In our experience, homeschooling our adopted children resulted in several benefits. First, homeschooling allowed time for our children to become bonded to at least one parent, my wife, and it totally immersed them in the household full-time. Bonding is very important for any child, but it is often particularly difficult for adoptive children to bond with their adoptive families. Every adopted child has been taken from their birth family, and oftentimes, with little or no notice. They may have lived in one or more foster homes, and each time they are moved, they experience the loss of yet another family, another home, another familiar environment. By homeschooling our children, it increased their ability to depend on my wife because she was home all of the time, and if she went somewhere, they went with her. Homeschooling enabled our daughters to develop an extremely close and loving relationship with their mother.

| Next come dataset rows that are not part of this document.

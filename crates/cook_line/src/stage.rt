// What is told at a turn of the attacker.
use board_core::Move;
use cook_report::Report;

/// What is told at one of the attacker's turns along a line.
#[derive(Drop)]
pub struct Stage {
    /// The line's check there.
    pub check: Move,
    /// Whether there is an evasion to it. Only to the last check of a line there may be none.
    pub evaded: bool,
    /// The report of the position.
    pub report: Report,
}
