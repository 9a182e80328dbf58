// Why a text says no line.
ghost use Rattle.std.specs.Prelude.{◌≡◌};
ghost use Rattle.cook_line.specs.declared.ends.LineEnd.TheVariants.{NoMemory};

use std::alloc::{AllocError, AllocFailed};

/// Why a text says no line of moves from a problem.
#[derive(Clone, Copy, PartialEq, Eq, Debug)]
pub enum LineEnd {
    /// The part with this number, from 1, is the first that is no text of a check or an evasion on
    /// the position where it stands.
    BadMove(usize),
    /// Memory was wanted and not there.
    NoMemory,
}

impl From<AllocError> for LineEnd {
    ghost from_gives = { λ _ end. end ≡ NoMemory };

    fn from(_error: AllocError) -> LineEnd {
        LineEnd::NoMemory
    }
}

impl<T: Drop> From<AllocFailed<T>> for LineEnd {
    ghost from_gives = { λ _ end. end ≡ NoMemory };

    fn from(_error: AllocFailed<T>) -> LineEnd {
        LineEnd::NoMemory
    }
}
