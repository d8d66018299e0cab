// Writing a sheet: the tickets of a list are worked, in order.
#![tactic(auto)]

ghost use Rattle.std.specs.Prelude.{◌≡◌, true, [], ◌∷◌, ◌++◌, ◌+◌, ◌*◌, ◌≤◌, length, take, drop};
ghost use Rattle.series.specs.Names.{formula_of};
ghost use Rattle.run.specs.Run.{limits_of, in_range};
ghost use Rattle.run.specs.Answers.{answer_of};
ghost use Rattle.run.specs.Call.{Does, answered};
ghost use Rattle.sheet.specs.Sheet.{listed, all_tickets, bodies_of};
ghost use Rattle.sheet.specs.Calls.{write_call};

use run::{Answer, Refusal, Run, Ticket};
use series::Series;
use sheet::lists::Pairs;
use ticket::Part;

// What the refusal table says of writing: its tests in the order of their numbers.
pub fn test_write(f: Series, run: Run, list: &[u8], out: &[u8]) -> Answer
    ensures { answer_of result ≡ answered (write_call (formula_of f) run.p run.c list.now out.now) }
{
    if !sheet::lists::sized(f, list) {
        return Err(Refusal::WrongSize);
    }
    let size = 16 + 20 * (list.len() / 2);
    if out.len() < size {
        return Err(Refusal::WrongSize);
    }
    sheet::lists::test_list(f, run, list)?;
    Ok(size as u32)
}

// Works the tickets, and writes their sums. A sheet does not carry the squarings.
pub fn put_bodies(f: Series, run: Run, pairs: &Pairs, out: &mut [u8])
    requires { (16 + 20 * pairs.now.count ≤ length out.old) × (in_range (limits_of (formula_of f)) run.p run.c ≡ true)
        × (all_tickets (limits_of (formula_of f)) run.c (listed (formula_of f) run.p run.c pairs.now.bytes.now) ≡ true) }
    ensures { out.new
        ≡ take (16 + 4 * pairs.now.count) out.old ++ bodies_of (listed (formula_of f) run.p run.c pairs.now.bytes.now)
        ++ drop (16 + 20 * pairs.now.count) out.old }
{
    for i in 0..pairs.count {
        let t = Ticket {
            run,
            row: pairs.row(i),
            block: pairs.block(i),
        };
        let worked = ticket::sum(f, Part::Whole, t);
        sheet::layout::put_body(out, pairs.count, i, worked.sum);
    }
}

// Writes a sheet. All tests are done before a byte is written.
pub fn write(f: Series, run: Run, list: &[u8], out: &mut [u8]) -> Answer
    ensures { Does (write_call (formula_of f) run.p run.c list.now out.old) (answer_of result) (out.new ∷ []) }
{
    let size = test_write(f, run, list, out)?;
    let pairs = Pairs {
        bytes: list,
        count: list.len() / 2,
    };
    sheet::layout::put_head(run, pairs.count as u64, out);
    sheet::layout::put_contents(&pairs, out);
    put_bodies(f, run, &pairs, out);
    Ok(size)
}
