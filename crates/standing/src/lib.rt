// The sheet of all tickets that stand: what is marked in a ledger, with the sums that the book keeps.
#![tactic(auto)]

ghost use Rattle.std.specs.Prelude.{◌≡◌, [], ◌∷◌, ◌++◌, ◌+◌, ◌*◌, ◌≤◌, ◌<◌, length, take, drop};
ghost use Rattle.series.specs.Names.{formula_of};
ghost use Rattle.run.specs.Run.{limits_of};
ghost use Rattle.run.specs.Answers.{answer_of};
ghost use Rattle.run.specs.Call.{answered, Does};
ghost use Rattle.sheet.specs.Sheet.{contents_of, bodies_of};
ghost use Rattle.standing.specs.Standing.{set_bits, standing_in, standing_call};

use book::Books;
use ledger::Ledger;
use run::{Answer, Refusal};
use series::Series;
use sheet::layout;

// What the refusal table says, its tests in the order of their numbers; or the length of the sheet. Every set bit counts for the size, in a ledger
// that is not in order too.
pub fn test_standing(f: Series, ledger: &[u8], book: &[u8], out: &[u8]) -> Answer
    ensures { answer_of result ≡ answered (standing_call (limits_of (formula_of f)) ledger.now book.now out.now) }
{
    if !booking::sized(f, ledger, book) {
        return Err(Refusal::WrongSize);
    }
    let ledger = Ledger { f, bytes: ledger };
    let size = 16 + 20 * ledger.count(0, 256);
    if out.len() < size {
        return Err(Refusal::WrongSize);
    }
    let books = Books { ledger, book };
    if !books.in_order() {
        return Err(Refusal::OutOfOrder);
    }
    Ok(size as u32)
}

// Writes contents and bodies of the e marked tickets, in the order of their places. The loop ends with the last of them, not with the last
// place, so that it counts those that are left.
pub fn put_tickets(books: &Books, e: usize, out: &mut [u8])
    requires { (e ≡ set_bits (limits_of (formula_of books.now.ledger.f)) books.now.ledger.bytes.now) × (16 + 20 * e ≤ length out.old) }
    ensures { out.new
        ≡ take 16 out.old ++ contents_of (standing_in (limits_of (formula_of books.now.ledger.f)) books.now.ledger.bytes.now books.now.book.now)
        ++ bodies_of (standing_in (limits_of (formula_of books.now.ledger.f)) books.now.ledger.bytes.now books.now.book.now)
        ++ drop (16 + 20 * e) out.old }
{
    let mut left = e;
    let mut place = 0;
    while left > 0 {
        let row = place / 256;
        let block = place % 256;
        place += 1;
        if books.ledger.bit_set(row, block) {
            let i = e - left;
            layout::put_line(out, i, row as u64, block as u64);
            layout::put_body(out, e, i, book::kept(books.book, row, block));
            left -= 1;
        }
    }
}

// Writes the sheet of all marked tickets. All tests are done before a byte is written.
pub fn write(f: Series, ledger: &[u8], book: &[u8], out: &mut [u8]) -> Answer
    ensures { Does (standing_call (limits_of (formula_of f)) ledger.now book.now out.old) (answer_of result)
        (out.new ∷ []) }
{
    let size = test_standing(f, ledger, book, out)?;
    let e = (size as usize - 16) / 20;
    let ledger = Ledger { f, bytes: ledger };
    layout::put_head(ledger.run(), e as u64, out);
    put_tickets(&Books { ledger, book }, e, out);
    Ok(size)
}
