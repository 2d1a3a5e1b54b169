//! Transfers that fail in calls on the files of RT-11 volumes.
use crate::rt11::calls::{Call, accepted, fresh, numbered, with_files};
use f11_dev::{Device, FailOnce, Memory};
use f11_fixtures::{SEVENS, ZEROS, get};
use rt11_volume::{RtAccepted, RtRefusal};
use std::alloc::Global;
use std::test::Fail;

/// The calls on files, each with its file's number and its transfers: two segments of two blocks are read, and of the file the block at
/// 19. What changes the second segment writes it; a split reads segment 1 again, and writes three segments.
const CALLS: [(Call, u16, u64); 6] = [
    (Call::List, 7, 4),
    (Call::Find, 7, 4),
    (Call::Read(0), 7, 5),
    (Call::Write(0), 7, 5),
    (Call::Delete, 7, 6),
    (Call::Create(1), 8, 12),
];

/// A volume with eight files of one block and a full second segment; one transfer fails of those behind the four by which it was verified.
fn failing(
    alloc: Global,
    transfer: u64,
    lands: bool,
) -> Result<RtAccepted<FailOnce<Memory>>, Fail> {
    let volume = with_files(alloc, fresh(alloc, 100, 3, 128)?, 8)?;
    let device = FailOnce::new(volume.device(), transfer.saturating_add(4), lands);
    Ok(accepted(alloc, device)?)
}

/// Makes a call on file n.
fn make<D: Device>(
    alloc: Global,
    volume: &mut RtAccepted<D>,
    call: Call,
    n: u16,
) -> Result<(), RtRefusal> {
    match numbered(n) {
        Ok(name) => call.make(alloc, volume, &name),
        Err(_) => Err(RtRefusal::NoSuchFile),
    }
}

/// Whether each call is refused as `Failed`.
fn has_failed(alloc: Global, volume: &mut RtAccepted<FailOnce<Memory>>) -> bool {
    CALLS.iter().all(|(call, n, _)| make(alloc, volume, *call, *n) == Err(RtRefusal::Failed))
}

/// Whether a device has the 100 blocks that it had, with zeros behind the directory but for the block of a file, where that was written.
fn keeps_files(device: &mut Memory, is_written: bool) -> Result<bool, Fail> {
    for lbn in 12..100 {
        let wanted = if is_written && lbn == 19 {
            SEVENS
        } else {
            ZEROS
        };
        if get(device, lbn)? != wanted {
            return Ok(false);
        }
    }
    Ok(device.blocks() == 100)
}

/// Whether a call is refused where this transfer of it fails, and each call after it; the files stay, and where the directory was read
/// alone, the call succeeds on what is left.
fn is_refused(alloc: Global, call: Call, n: u16, transfer: u64, lands: bool) -> Result<bool, Fail> {
    let mut volume = failing(alloc, transfer, lands)?;
    let done = make(alloc, &mut volume, call, n);
    let is_fault = done == Err(RtRefusal::DeviceFault) && has_failed(alloc, &mut volume);
    let mut device = volume.device().into_inner();
    let is_written = matches!(call, Call::Write(_)) && transfer == 5 && lands;
    let is_kept = is_fault && keeps_files(&mut device, is_written)?;
    // the transfers of the directory's first walk read it
    if transfer > 4 {
        return Ok(is_kept);
    }
    let mut volume = accepted(alloc, device)?;
    Ok(is_kept && make(alloc, &mut volume, call, n).is_ok())
}

#[test]
fn a_transfer_of_a_call_fails(rt: HostRuntime) -> Result<(), Fail> {
    for (call, n, transfers) in CALLS {
        for (transfer, lands) in (1..=transfers).flat_map(|k| [(k, false), (k, true)]) {
            let is_refused = is_refused(rt.alloc(), call, n, transfer, lands)?;
            assert!(rt; is_refused, "{call:?} {transfer} {lands}");
        }
        let mut volume = failing(rt.alloc(), transfers + 1, true)?;
        let done = make(rt.alloc(), &mut volume, call, n);
        assert_eq!(rt; done, Ok(()), "{call:?}");
    }
    Ok(())
}
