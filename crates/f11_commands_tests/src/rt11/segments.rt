//! Segments of RT-11 directories: filled, and split.
use crate::rt11::calls::{
    Call, accepted, create, delete, find, fresh, lists, named, numbered, with_files,
};
use f11_dev::{DeviceFault, Memory};
use f11_fixtures::{has_words, put_words};
use rt11_volume::{BadName, RtAccepted, RtArea, RtKind, RtName, RtRefusal};
use std::alloc::Global;
use std::test::Fail;

/// The area of a file of one block.
fn file_area(n: u16, start: u16) -> Result<RtArea, BadName> {
    let name: Option<RtName> = Some(numbered(n)?);
    Ok(RtArea {
        kind: RtKind::Permanent,
        name,
        start,
        length: 1,
        protected: false,
    })
}

/// An empty area.
fn empty_area(start: u16, length: u16) -> RtArea {
    RtArea {
        kind: RtKind::Empty,
        name: None,
        start,
        length,
        protected: false,
    }
}

/// The areas of a volume.
fn listed(alloc: Global, volume: &mut RtAccepted<Memory>) -> Result<Vec<RtArea>, RtRefusal> {
    volume.list(alloc)
}

/// Whether so many files of one block, numbered from 0, lie from a block on, with one area behind them; and each is found there.
fn has_files(
    alloc: Global,
    volume: &mut RtAccepted<Memory>,
    files: u16,
    first: u16,
) -> Result<bool, Fail> {
    let areas = listed(alloc, volume)?;
    for n in 0..files {
        let area = file_area(n, first.saturating_add(n))?;
        let at = find(volume, &numbered(n)?)?;
        if areas.get(usize::from(n)) != Some(&area) || at != (area.start, 1) {
            return Ok(false);
        }
    }
    Ok(areas.len() == usize::from(files) + 1)
}

/// A place in the list of a volume, the number of the file of one block that stands there, if none an empty area, its first block,
/// and its length.
type Place = (usize, Option<u16>, u16, u16);

/// Whether a volume has so many areas, among them these.
fn has_areas(
    alloc: Global,
    volume: &mut RtAccepted<Memory>,
    count: usize,
    places: &[Place],
) -> Result<bool, Fail> {
    let areas = listed(alloc, volume)?;
    for (i, number, start, length) in places {
        let area = match number {
            Some(n) => file_area(*n, *start)?,
            None => empty_area(*start, *length),
        };
        if areas.get(*i) != Some(&area) {
            return Ok(false);
        }
    }
    Ok(areas.len() == count)
}

/// Whether so many files fill a directory: one more is refused, but for one in the whole area behind them, which wants no entry more.
fn is_filled(
    alloc: Global,
    volume: RtAccepted<Memory>,
    files: u16,
    first: u16,
    blocks: u16,
) -> Result<bool, Fail> {
    let mut volume = with_files(alloc, volume, files)?;
    let name = numbered(files)?;
    if create(&mut volume, &name, 1, 0) != Err(RtRefusal::DirectoryFull) {
        return Ok(false);
    }
    let mut volume = accepted(alloc, volume.device())?;
    let is_there = has_files(alloc, &mut volume, files, first)?;
    let end = first.saturating_add(files);
    let rest = blocks.saturating_sub(end);
    create(&mut volume, &name, rest, 0)?;
    let mut volume = accepted(alloc, volume.device())?;
    Ok(is_there && find(&mut volume, &name)? == (end, rest))
}

#[test]
fn directories_are_filled(rt: HostRuntime) -> Result<(), Fail> {
    for (blocks, segments, extra, files, first) in [
        (100u16, 1, 0, 70, 8u16),
        (200, 2, 0, 105, 10),
        (200, 3, 0, 140, 12),
        (100, 1, 2, 61, 8),
        (200, 2, 2, 92, 10),
        (200, 2, 4, 81, 10),
        (100, 1, 128, 5, 8),
        (200, 31, 128, 95, 68),
    ] {
        let volume = fresh(rt.alloc(), u32::from(blocks), segments, extra)?;
        let is_filled = is_filled(rt.alloc(), volume, files, first, blocks)?;
        assert!(rt; is_filled, "{segments} {extra}");
    }
    Ok(())
}

/// Whether blocks of a device have these words.
fn have_words(device: &mut Memory, blocks: &[(u32, &[(usize, u16)])]) -> Result<bool, DeviceFault> {
    for (lbn, words) in blocks {
        if !has_words(device, *lbn, words)? {
            return Ok(false);
        }
    }
    Ok(true)
}

/// Headers, the end mark behind 35 entries, and the file of the date 9 as entry 35 of segment 2, with the last entry behind it; files 34
/// and 35 are deleted.
const SPLIT: [(u32, &[(usize, u16)]); 3] = [
    (
        6,
        &[
            (0, 2),
            (2, 2),
            (4, 2),
            (6, 0),
            (8, 10),
            (486, 0o1000),
            (500, 0o4000),
        ],
    ),
    (
        8,
        &[
            (2, 0),
            (6, 0),
            (8, 45),
            (10, 0o1000),
            (18, 1),
            (500, 0o2000),
            (508, 1),
        ],
    ),
    (
        9,
        &[
            (0, 9),
            (2, 0o1000),
            (4, 0),
            (10, 19),
            (12, 0),
            (14, 0),
            (16, 0o4000),
        ],
    ),
];

const SPLIT_AREAS: [Place; 5] = [
    (33, Some(33), 43, 1),
    (34, None, 44, 1),
    (35, None, 45, 1),
    (70, Some(70), 80, 1),
    (71, None, 81, 19),
];

#[test]
fn a_full_segment_is_split(rt: HostRuntime) -> Result<(), Fail> {
    let volume = fresh(rt.alloc(), 100, 2, 0)?;
    let mut volume = with_files(rt.alloc(), volume, 70)?;
    create(&mut volume, &numbered(70)?, 1, 9)?;
    let mut volume = accepted(rt.alloc(), volume.device())?;
    assert!(rt; has_files(rt.alloc(), &mut volume, 71, 10)?);
    // areas of two segments aren't joined
    for n in [34, 35] {
        delete(&mut volume, &numbered(n)?)?;
    }
    let mut volume = accepted(rt.alloc(), volume.device())?;
    assert!(rt; has_areas(rt.alloc(), &mut volume, 72, &SPLIT_AREAS)?);
    assert!(rt; have_words(&mut volume.device(), &SPLIT)?);
    Ok(())
}

/// Segment 1 is full with A to E, and is split with F in its first half; it is full again with H, and is split with I in its second half;
/// segment 3, behind it, is full with K.
const IN_ORDER: [(&str, Call, Result<(), RtRefusal>); 15] = [
    ("A.TXT", Call::Create(8), Ok(())),
    ("B.TXT", Call::Create(1), Ok(())),
    ("C.TXT", Call::Create(1), Ok(())),
    ("D.TXT", Call::Create(1), Ok(())),
    ("E.TXT", Call::Create(1), Ok(())),
    ("A.TXT", Call::Delete, Ok(())),
    ("F.TXT", Call::Create(1), Ok(())),
    ("G.TXT", Call::Create(1), Ok(())),
    ("H.TXT", Call::Create(1), Ok(())),
    ("I.TXT", Call::Create(1), Ok(())),
    ("J.TXT", Call::Create(1), Ok(())),
    ("K.TXT", Call::Create(1), Ok(())),
    ("L.TXT", Call::Create(1), Err(RtRefusal::DirectoryFull)),
    ("L.TXT", Call::Create(2), Ok(())),
    ("M.TXT", Call::Create(60), Ok(())),
];

const IN_ORDER_LIST: &[u8] =
    b"perm F.TXT 12 1\nperm G.TXT 13 1\nperm H.TXT 14 1\nperm I.TXT 15 1\nperm J.TXT 16 1\nperm K.TXT 17 1\nperm L.TXT 18 2\nperm B.TXT 20 1\nperm C.TXT 21 1\nperm D.TXT 22 1\nperm E.TXT 23 1\nperm M.TXT 24 60\nempty 84 16\n";

const IN_ORDER_WORDS: [(u32, &[(usize, u16)]); 3] = [
    (6, &[(0, 3), (2, 3), (4, 3), (6, 128), (8, 12)]),
    (10, &[(2, 2), (6, 128), (8, 15), (10, 0o2000), (24, 0)]),
    (8, &[(2, 0), (6, 128), (8, 22), (10, 0o2000), (24, 0)]),
];

#[test]
fn new_segments_are_linked_in_order(rt: HostRuntime) -> Result<(), Fail> {
    let mut volume = fresh(rt.alloc(), 100, 3, 128)?;
    for (name, call, answer) in IN_ORDER {
        let done = call.make(rt.alloc(), &mut volume, &named(name)?);
        assert_eq!(rt; done, answer, "{name} {call:?}");
        volume = accepted(rt.alloc(), volume.device())?;
    }
    let (volume, is_list) = lists(rt.alloc(), volume, IN_ORDER_LIST)?;
    assert!(rt; is_list);
    assert!(rt; have_words(&mut volume.device(), &IN_ORDER_WORDS)?);
    Ok(())
}

const OF_72_AREAS: [Place; 4] = [
    (0, Some(0), 10, 1),
    (70, Some(70), 80, 1),
    (71, None, 81, 9),
    (72, None, 90, 10),
];

const OF_72_WORDS: [(u32, &[(usize, u16)]); 3] = [
    (6, &[(2, 2), (4, 2)]),
    (7, &[(2, 0o4000)]),
    (8, &[(2, 0), (8, 46)]),
];

#[test]
fn a_segment_of_72_entries_is_split(rt: HostRuntime) -> Result<(), Fail> {
    let volume = fresh(rt.alloc(), 100, 2, 0)?;
    let mut device = with_files(rt.alloc(), volume, 70)?.device();
    // the empty area of 20 blocks as two of ten, entries 70 and 71
    let words = [(486, 10), (492, 0o1000), (500, 10), (506, 0o4000)];
    put_words(&mut device, 7, &words)?;
    let mut volume = accepted(rt.alloc(), device)?;
    create(&mut volume, &numbered(70)?, 1, 0)?;
    let mut volume = accepted(rt.alloc(), volume.device())?;
    assert!(rt; has_areas(rt.alloc(), &mut volume, 73, &OF_72_AREAS)?);
    assert!(rt; have_words(&mut volume.device(), &OF_72_WORDS)?);
    Ok(())
}
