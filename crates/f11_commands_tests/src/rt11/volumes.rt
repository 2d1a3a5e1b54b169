//! RT-11 volumes, made and verified on devices that fail.
use f11_dev::{DeviceFault, FailOnce, Fuse, Memory};
use f11_fixtures::rt_volumes::{BLOCKS, DIRECTORY, SEGMENTS, fill, made};
use f11_fixtures::{has_front, has_written, memory, sevens};
use rt11_volume::{RtInitError, RtReport, RtVfyError, init, verify};
use std::alloc::Global;
use std::test::Fail;

/// A fresh volume, with sevens behind what it has.
fn fresh(alloc: Global) -> Result<Memory, DeviceFault> {
    made(sevens(alloc, BLOCKS)?)
}

/// A volume whose segments are all in use.
fn filled(alloc: Global) -> Result<Memory, DeviceFault> {
    let mut device = fresh(alloc)?;
    fill(&mut device)?;
    Ok(device)
}

/// The device where a write of a fresh volume failed.
fn half_made(alloc: Global, transfer: u64, lands: bool) -> Result<Memory, DeviceFault> {
    let device = FailOnce::new(sevens(alloc, BLOCKS)?, transfer, lands);
    match init(device, SEGMENTS) {
        Err(RtInitError::DeviceFault(device)) => Ok(device.into_inner()),
        _ => Err(DeviceFault),
    }
}

#[test]
fn a_write_of_a_fresh_volume_fails(rt: HostRuntime) -> Result<(), Fail> {
    let mut whole = fresh(rt.alloc())?;
    for failing in 0..DIRECTORY {
        for (lands, written) in [(false, failing), (true, failing + 1)] {
            let mut device = half_made(rt.alloc(), u64::from(failing) + 1, lands)?;
            let blocks = (6, 6, 6 + DIRECTORY);
            let is_written = has_written(&mut device, &mut whole, blocks, written)?;
            assert!(rt; is_written, "{failing}");
        }
    }
    Ok(())
}

/// The device of zeros on which making a fresh volume stopped behind so many writes, or was done.
fn stopped(alloc: Global, writes: u64) -> Result<Memory, Fail> {
    let device = Fuse::new(memory(alloc, BLOCKS)?, writes);
    match init(device, SEGMENTS) {
        Ok(made) => Ok(made.device().into_inner()),
        Err(RtInitError::BadParameter(device)) => Ok(device.into_inner()),
        Err(RtInitError::DeviceFault(device)) => Ok(device.into_inner()),
    }
}

/// The code of a device's first fault, and 0 where the image is accepted.
fn fault_of(alloc: Global, device: Memory) -> Result<u8, DeviceFault> {
    match verify(alloc, device) {
        Ok(RtReport::Accepted(_, _)) => Ok(0),
        Ok(RtReport::Faulty(_, faults, _)) => Ok(faults.get(0).map_or(0, |fault| fault.code)),
        Err(_) => Err(DeviceFault),
    }
}

#[test]
fn a_stop_before_the_last_write_leaves_a_wrong_size(rt: HostRuntime) -> Result<(), Fail> {
    for writes in 0..u64::from(DIRECTORY) {
        let device = stopped(rt.alloc(), writes)?;
        assert_eq!(rt; fault_of(rt.alloc(), device)?, 1, "{writes}");
    }
    let device = stopped(rt.alloc(), u64::from(DIRECTORY))?;
    assert_eq!(rt; fault_of(rt.alloc(), device)?, 0);
    Ok(())
}

/// The device of a volume where a transfer failed while it was verified, and `None` where it was accepted.
fn verified(alloc: Global, transfer: u64) -> Result<Option<Memory>, DeviceFault> {
    match verify(alloc, FailOnce::new(filled(alloc)?, transfer, true)) {
        Err(RtVfyError::DeviceFault(device)) => Ok(Some(device.into_inner())),
        Ok(RtReport::Accepted(_, _)) => Ok(None),
        _ => Err(DeviceFault),
    }
}

#[test]
fn a_read_of_a_volume_fails(rt: HostRuntime) -> Result<(), Fail> {
    let mut whole = filled(rt.alloc())?;
    for transfer in 1..=u64::from(DIRECTORY) {
        let mut device = verified(rt.alloc(), transfer)?.ok_or("accepted")?;
        let is_front = has_front(&mut device, &mut whole, BLOCKS)?;
        assert!(rt; is_front, "{transfer}");
    }
    assert!(rt; verified(rt.alloc(), u64::from(DIRECTORY) + 1)?.is_none());
    Ok(())
}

We really saw the benefits of homeschooling when our second two children came to live with us in 2012. Our first two daughters came to live with us when they were one and two years old. While our son and youngest daughter are younger than our first two daughters, our son was five and our youngest daughter was three when they first came to live with us. They carried a lot more emotional baggage and scars than our first two daughters because they were older and actually knew and remembered their birth parents. It took several months before our son really bonded into our family, and it took close to a year for his younger sister to bond to our family. We don’t know how we could have achieved the results we have so far if we had not homeschooled them from the beginning. Part of our homeschool lifestyle was letting them know that they were now a part of our family, no one was going to take them away again, and we were not going to change our minds about keeping them. This message had to be repeated over and over again!

Second, homeschooling our children helped them adjust to our home much easier. When we sent our first two daughters to daycare almost immediately after we adopted them, they were subject to two different environments, and they had to learn to navigate each one at the same time. By homeschooling them, they were able to focus on learning the rules of their new home and not be confused by two different sets of standards.

Third, one of the benefits of homeschooling that we experienced, particularly with our second two children, was academic. Children who have been abused and/or neglected and ripped from their birth families generally are not performing at grade level in school. In fact, it is not uncommon for them to be developmentally delayed because of neglect or abuse. Homeschooling our son and youngest daughter allowed them to learn at their own pace in a loving and supportive environment. Our son had some very serious challenges in learning to read. Homeschooling allowed us to work with him one-on-one and give him the time and attention he needed. Our oldest two daughters supported, encouraged and assisted them as well. They would not likely have experienced such a supportive environment in daycare or public school.

In sum, homeschooling has helped us to love and nurture our children, promote their emotional development and help them to excel academically. It has been our experience that homeschooling our adopted children has helped them cope with their previous losses and given them the comfort of knowing that they are in a safe and secure environment that will last forever.